Veröffentlicht am 14.05.2021 in Allgemein

In den letzten Tagen haben sich mehrere Bürgerinnen und Bürger an mich gewandt, die nach einer Coronaerkrankung genesen sind und einen Antikörpernachweis haben. Sie würden gerne auch von den Erleichterungen profitieren, die Geimpften oder Genesen mit einem positiven PCR-Testergebnis zu gestanden werden. Ich habe mich daher mit der nachfolgenden Anfrage an die Staatsregierung gewandt. Eine Antwort sollte in ca. 4 - 5 Wochen vorliegen.

Anfrage vom 14.05.2021

Einstufung Corona-Genesene ohne PCR-Test

Nach der aktuellen Regelung (14.05.) genießen Bürgerinnen und Bürger mit vollem Impfschutz oder einem entsprechenden Nachweis des Gesundheitsamtes, dass sie Corona-Genesene nach positiven PCR-Test sind, Erleichterungen bei verschiedenen Maßnahmen (Übernachtungen, Gaststätten, Einzelhandel), die zur Kontaktbeschränkung und -nachverfolgung für andere vorgeschrieben sind.
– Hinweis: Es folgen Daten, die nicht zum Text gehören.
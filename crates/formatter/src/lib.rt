// The formatter, its four builders and its sub-formatters (fmt/formatter.rs). A builder is an entry of
// its stack, and the buffer is lent beside it.
#![tactic(auto)]

mod builders;
mod dispatch;
mod entries;
mod faults;
mod formatter;
mod head;
mod writes;

pub use dispatch::Op;
pub use entries::Entry;
pub use formatter::{Formatter, PastEnd};
pub use head::Head;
Da die Dunkelziffer der Coronaerkrankten hoch ist, nach dem Ergebnis der im Landkreis Tirschenreuth durchgeführten Studie gibt es eine Dunkelziffer von ca. 80% unerfasster Coronaerkrankungen, können die Personen aus dieser Gruppe der Corona-Genesenen die derzeit geltenden Bestimmungen für die Erleichterungen nicht erfüllen, da sie keinen Nachweis über einen PCR-Test mit positivem Ergebnis haben und somit auch nicht von den Gesundheitsämtern die entsprechende Bescheinigung für eine sechsmonatige Befreiung der einschränkenden Maßnahmen erhalten. Gleichzeitig liegt Teilen dieser Personengruppe ein Ergebnis über einen Antikörpertest vor, der entsprechende Coronaantikörper nachweist.

Ich frage die Staatsregierung:

1. Welche Lösungsmöglichkeiten sucht man für Personengruppen, die einen Antikörpernachweis haben, damit diese auch die entsprechenden Erleichterungen nutzen können?

2. Auf welcher Basis wurde der Zeitraum von sechs Monaten festgelegt, in dem Corona-Genesene mit vorherigem PCR-Test Erleichterungen bei den einschränkenden Maßnahmen in Anspruch nehmen können?

3. Welche Einschränkungen sind zu erwarten, falls Geimpfte zwar zwei Impfungen nachweisen können, diese aber mit unterschiedlichem Vakzin erfolgten?